You didn't describe where your vectors come from, nor what use you will put mean
and median
to. Here are some observations about the general case. Limited ranges, error tolerance, and discrete values may admit of a more efficient approach.
The mean
distance between M points sounds quadratic, O(M^2). But M / N is 10, fairly small, and N is huge, so the data probably resembles a hairy sphere in 1e3-space. Computing centroid of M points, and then computing M distances to centroid, might turn out to be useful in your problem domain, hard to tell.
The minimum
distance among M points is more interesting. Choose a small number of pairs at random, say 100, compute their distance, and take half the minimum as an estimate of the global minimum distance. (Validate by comparing to the next few smallest distances, if desired.) Now use spatial UB-tree to model each point as a positive integer. This involves finding N minima for M x N values, adding constants so min becomes zero, scaling so estimated global min distance corresponds to at least 1.0, and then truncating to integer.

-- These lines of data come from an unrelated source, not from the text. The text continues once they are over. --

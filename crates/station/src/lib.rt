// A node with its device: what a block write does to it, its death, being told of a cut, and the calls that concern it alone.
// What concerns the peer too is told from the acting node's seat: itself, its peer and the link between them.
#![tactic(auto)]

mod single;
pub mod storing;

use compare::Node;
use memory::Memory;

#[derive(Drop)]
pub struct Station<D> {
    pub memory: Memory,
    pub device: D,
}

// The pair as the acting node sees it.
#[derive(Drop)]
pub struct Seat<'a, D, E, L> {
    pub node: Node,
    pub me: &'a mut Station<D>,
    pub peer: &'a mut Station<E>,
    pub link: &'a mut L,
}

With these transformed vectors in hand, we're ready to turn them into a UB-tree representation that we can sort, and then do nearest neighbor spatial queries on the sorted values. For each point compute an integer. Shift the low-order bit of each dimension's value into the result, then iterate. Continue iterating over all dimensions until non-zero bits have all been consumed and appear in the result, and proceed to the next point. Numerically sort the integer result values, yielding a data structure similar to a PostGIS index.
Now you have a discretized representation that supports reasonably efficient queries for nearest neighbors (though admittedly N=1e3 is inconveniently large). After finding two or more coarse-grained nearby neighbors, you can query the original vector representation to obtain high-resolution distances between them, for finer discrimination. If your data distribution turns out to have a large fraction of points that discretize to being off by single bit from nearest neighbor, e.g. location of oxygen atoms where each has a buddy, then increase the global min distance estimate so the low order bits offer adequate discrimination.
A similar discretization approach would be appropriately scaling e.g. 2-dimensional inputs and marking an initially empty grid, then scanning immediate neighborhoods. This relies on global min being within a "small" neighborhood, due to appropriate scaling. In your case you would be marking an N-dimensional grid.